NFL kickers had their best season by several important measures, and the two on call Sunday – Seattle’s Steven Hauschka and Denver’s Matt Prater – finished ranked Nos. 1 and 2.
Including the playoffs, Hauschka was 39 of 41 (95.1 percent; the NFL average was 86.5), including 3 of 3 from 50 yards and beyond (NFL average: 66.9). Hauschka’s longest was 53.
Prater was 30 of 32 (93.8 percent), and 7 of 8 from 50-plus. But that last number might be even more impressive, considering his range. Just this past December, in frigid, icy conditions at home against Tennessee, Prater set the league record for the longest field goal: 64 yards.
With these two, any ball snapped from an opponent’s 35-yard-line on in is a strong candidate to squeeze through the uprights. The longest field goal at MetLife this season was 57 yards, by Green Bay’s Mason Crosby, but it came on an unseasonably warm day in November.
Still, as desperate measures go, even a kick from the midfield stripe – and perhaps even two steps beyond, roughly 70 yards – is not out of the question.
The profession’s unofficial motto is: “Everybody wants your job during the week. But nobody wants it on Sunday.”

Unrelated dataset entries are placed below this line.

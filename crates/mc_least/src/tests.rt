//! The bound of the path from the input 0 over 1 and 2 to the output 3.

ghost use Rattle.std.specs.Prelude.{◌≡◌, IfOk, IfSome};
ghost use Rattle.mc_gflow.specs.Answers.{IsChosen};
ghost use Rattle.mc_graph.specs.Flows.{IsChosenFlowOf};

use super::*;
use mc_bits::Steps;
use mc_cert::Bound;
use mc_gflow::{Found, find_flow};
use mc_graph::{Angle, GFlow, GraphBuilder, Name, Names, OpenGraph};
use mc_model::Memory;
use std::alloc::Global;
use std::marker::Brand;
use std::process::Abort;
use std::sync::ledger::{Blank, Ledger};
use std::test::Fail;

fn name(rt: &impl Abort, word: &str) -> Name {
    Name::read(word.as_bytes()).expect(rt, "a name")
}

fn path(rt: &impl Abort, alloc: Global) -> Result<OpenGraph<4>, Fail> {
    let mut inputs = Names::new(alloc);
    assert_eq!(rt; inputs.add(name(rt, "a")), Ok(0));
    let mut builder: GraphBuilder<4> = GraphBuilder::new(alloc, inputs)?;
    for (word, q) in [("b", 1), ("c", 2), ("d", 3)] {
        assert_eq!(rt; builder.vertex(name(rt, word)), Ok(q));
        assert_eq!(rt; builder.edge(q - 1, q), Ok(()));
        assert_eq!(rt; builder.angle(q - 1, Angle::of(0)), Ok(()));
    }
    Ok(builder.finish(&[3]).ok().expect(rt, "a graph"))
}

fn find<L: Ledger>(alloc: Global, blank: Blank, g: &OpenGraph<4>) -> Result<Found, Memory>
    requires name { blank.name ≡ L.name }
    requires parts { (blank.parts ≡ L.parts) × (L.parts ≡ 1) }
    ensures { IfOk result (IsChosen g.now) }
{
    let mut steps = Steps::<L>::new(blank);
    find_flow(alloc, g, &mut steps)
}

fn flow(alloc: Global, g: &OpenGraph<4>) -> Option<GFlow>
    ensures { IfSome result (IsChosenFlowOf g.now) }
{
    match find::<Brand>(alloc, Blank::new(1), g) {
        Ok(Found::Flow(flow)) => Some(flow),
        _ => None,
    }
}

/// Whether the row at a place is for this layer and vertex, with the vertex alone.
fn has_own(bound: &Bound, i: usize, k: u32, vertex: u16) -> bool {
    if i >= bound.len() {
        return false;
    }
    let (layer, of, set) = bound.row(i);
    layer == k && of == vertex && set.len() == 1 && set.has(vertex)
}

fn has_layer(bound: &Bound, i: usize, vertex: u16, layer: u32) -> bool {
    i < bound.layers() && bound.layer_row(i) == (vertex, layer)
}

#[test]
fn a_path_has_its_depth(rt: HostRuntime) -> Result<(), Fail> {
    let alloc = rt.alloc();
    let g = path(&rt, alloc)?;
    let Some(flow) = flow(alloc, &g) else {
        panic!(&rt; "a flow");
    };
    chosen_flows_are_earliest();
    assert!(&rt; g.len() <= 64);
    let bound = bound_of(alloc, &g, &flow)?;
    assert_eq!(&rt; (bound.depth(), bound.layers(), bound.len()), (3, 3, 3));
    assert!(&rt; has_layer(&bound, 0, 2, 1) && has_layer(&bound, 1, 1, 2));
    assert!(&rt; has_layer(&bound, 2, 0, 3));
    assert!(&rt; has_own(&bound, 0, 1, 0) && has_own(&bound, 1, 1, 1) && has_own(&bound, 2, 2, 0));
    Ok(())
}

Like Prater and nearly every other NFL kicker, Hauschka went undrafted out of college and Denver was the fifth of the six teams for which he’s kicked – a stint in Detroit lasted all of 18 days – in his six seasons in the league. He wound up in an emergency relief role with the Broncos in December 2010, when Prater pulled a groin muscle. The two became fast friends, even as they battled for the starter’s job at training camp the following fall.
Not coincidentally, the two ran into each other again on Wednesday at MetLife Stadium. Hauschka had just finished practice as Prater was coming in. Their respective scouting reports revealed a lot about how they view their craft.
“I’m not one to try and overanalyze,” Prater said. “It was nice. The conditions were pretty good and the ball was flying pretty good.”
Hauschka, on the other hand, described his brief kicking session this way: “Pretty typical winds, kind of go from Denver’s sideline to our sideline. Wind usually comes from the west, then bounces off that side of the stadium and then blows toward our sideline. … I’ve looked at it on film, I’ve kicked there a couple times, and it’s always been doing that.”
If a last-gasp kick scenario comes into play, both Hauschka and Prater will be prepared for it, but in different ways.
“I first thought about it back in April,” Hauschka said. “We sat down as a team back then and each player wrote down his goals. One of my goals was to kick the game-winning field goal in the Super Bowl.”
When asked whether he dreamed about that same kick, Prater was nonchalant.
“No,” he laughed. “To be honest, when I was younger, I didn’t even want to be a kicker. I wanted to play baseball.”